'''

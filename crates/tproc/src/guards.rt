//! Guards of an alternative as they are disabled, and the one that is selected.

ghost use Rattle.std.specs.Prelude.{◌≡◌, ◌==◌, if◌then◌else◌, IfOk, false, true};
ghost use Rattle.tword.specs.Actions.{answer};
ghost use Rattle.tword.specs.Stores.{with_word};
ghost use Rattle.tproc.specs.Checks.{KeepsShape};
ghost use Rattle.tproc.specs.Alternatives.{disable, disable_internal, disables_channel, disables_skip, selects};
ghost use Rattle.tproc.specs.Doing.{Does, DoesFrom};
ghost use Rattle.tproc.specs.Guards.{Disables, MayDisable, control_after, ready_as, store_after};
ghost use Rattle.tproc.specs.Requests.{MayWriteWord};
ghost use Rattle.tproc.specs.LinkChannels as spec;

use crate::alternatives::NONE_SELECTED;
use crate::channels::{NOT_PROCESS, Side};
use crate::claimed_memory::ClaimedMemory;
use crate::engine::Engine;
use crate::link_channels::{is_link, link_at};
use crate::process_status::ProcessStatus;
use crate::queues::require;
use crate::ran::Ran;
use crate::waiter::{LinkEnd, Reason};
use tcpu::Registers;
use tword::{Break, Word};

/// What a guard shows when it is disabled.
#[derive(Clone, Copy, Debug, PartialEq, Eq)]
pub enum Guard {
    /// A link, which forgets the process. The guard is ready where a byte was noticed.
    Link(u8, bool),
    /// An internal channel that still names the process, and so is not ready.
    Enabled(Word),
    Ready,
    NotReady,
}

/// Whether a guard is ready.
fn is_ready(guard: &Guard) -> bool
    ensures { result ≡ ready_as guard.now }
{
    match guard {
        Guard::Link(_, noticed) => *noticed,
        Guard::Ready => true,
        Guard::Enabled(_) | Guard::NotReady => false,
    }
}

/// Sets a word where a test says so.
fn store_if(test: bool, claimed: &mut ClaimedMemory, address: Word, value: Word)
    requires { MayWriteWord claimed.old address }
    ensures cells { claimed.new.memory.bytes
        ≡ (if test then with_word claimed.old.memory.bytes address value else claimed.old.memory.bytes) }
    ensures shape { KeepsShape claimed.old.memory claimed.new.memory }
    ensures claims { claimed.new.marks ≡ claimed.old.marks }
{
    if test {
        claimed.set_word(address, value);
    }
}

impl Engine {
    /// The guard of a link channel.
    fn link_guard(&self, channel: Word) -> Result<Guard, Break>
        requires { spec.is_link channel ≡ true }
        ensures done { Disables (disable channel self.now.state) self.now result }
        ensures may { IfOk result (λ g. MayDisable self.now.claimed g) }
    {
        let link = link_at(Side::Input, channel)?;
        require(self.is_free(Side::Input, link), Break::LinkBusy)?;
        Ok(Guard::Link(link, self.state.link(link).noticed))
    }

    /// The guard of an internal channel.
    fn internal_guard(&self, channel: Word) -> Result<Guard, Break>
        ensures done { Disables (disable_internal channel self.now.state) self.now result }
        ensures may { IfOk result (λ g. MayDisable self.now.claimed g) }
    {
        let found = self.claimed.take_word(channel)?;
        if found.get() == NOT_PROCESS {
            return Ok(Guard::NotReady);
        }
        match &self.status(found) {
            ProcessStatus::Waits(Reason::Sends { channel: other, .. }) => {
                require(*other == channel, Break::ChannelMisuse)?;
                Ok(Guard::Ready)
            }
            ProcessStatus::Runs => Ok(Guard::Enabled(channel)),
            _ => Err(Break::ChannelMisuse),
        }
    }

    /// The guard of a channel.
    fn channel_guard(&self, channel: Word) -> Result<Guard, Break>
        ensures done { Disables (disable channel self.now.state) self.now result }
        ensures may { IfOk result (λ g. MayDisable self.now.claimed g) }
    {
        if is_link(channel) {
            self.link_guard(channel)
        } else {
            self.internal_guard(channel)
        }
    }

    /// The guard that `disc` names: one that is false is not ready.
    fn guard_of(&self) -> Result<Guard, Break>
        ensures done { Disables (if self.now.state.registers.b == 0 then answer (self.now.state, false) else disable
            self.now.state.registers.c self.now.state) self.now result }
        ensures may { IfOk result (λ g. MayDisable self.now.claimed g) }
    {
        if self.state.registers().b.get() == 0 {
            Ok(Guard::NotReady)
        } else {
            self.channel_guard(self.state.registers().c)
        }
    }

    /// A guard is disabled.
    fn disable(&mut self, guard: &Guard)
        requires may { MayDisable self.old.claimed guard.now }
        ensures control { self.new.state ≡ control_after guard.now self.old.state }
        ensures cells { self.new.claimed.memory.bytes ≡ store_after guard.now self.old.claimed.memory.bytes }
        ensures shape { KeepsShape self.old.claimed.memory self.new.claimed.memory }
        ensures claims { self.new.claimed.marks ≡ self.old.claimed.marks }
    {
        match guard {
            Guard::Link(link, _) => {
                let end = self.state.link(*link);
                self.state.set_link(
                    *link,
                    LinkEnd {
                        remembered: None,
                        ..end
                    },
                );
            }
            Guard::Enabled(channel) => self.claimed.set_word(*channel, Word::new(NOT_PROCESS)),
            Guard::Ready | Guard::NotReady => {}
        }
    }

    /// A guard is disabled, and selected where it is ready and none was before it.
    fn select(&mut self, guard: &Guard) -> Result<Ran, Break>
        requires may { MayDisable self.old.claimed guard.now }
        ensures { DoesFrom (store_after guard.now self.old.claimed.memory.bytes) (selects self.old.state.registers.a
            (ready_as guard.now) (control_after guard.now self.old.state)) self.old result self.new }
    {
        let r = self.state.registers();
        let selected = self.claimed.take_word(r.wptr)?;
        let chosen = is_ready(guard) && selected.get() == NONE_SELECTED;
        self.disable(guard);
        store_if(chosen, &mut self.claimed, r.wptr, r.a);
        self.state.go(Registers {
            a: Word::new(u32::from(chosen)),
            b: r.c,
            ..r
        });
        Ok(Ran::Instruction)
    }

    /// A guard on a channel is disabled.
    pub fn disable_channel(&mut self) -> Result<Ran, Break>
        ensures { Does (disables_channel self.old.state) self.old result self.new }
    {
        let guard = self.guard_of()?;
        self.select(&guard)
    }

    /// A guard without a channel is disabled.
    pub fn disable_skip(&mut self) -> Result<Ran, Break>
        ensures { Does (disables_skip self.old.state) self.old result self.new }
    {
        if self.state.registers().b.get() == 0 {
            self.select(&Guard::NotReady)
        } else {
            self.select(&Guard::Ready)
        }
    }
}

'''

:: WHAT THE TASK REQUIRES ::
Copy out, from the listing above, every line that contains the word "claims".

:: TASK RESPONSE ::
    ensures claims { claimed.new.marks ≡ claimed.old.marks }
        ensures claims { self.new.claimed.marks ≡ self.old.claimed.marks }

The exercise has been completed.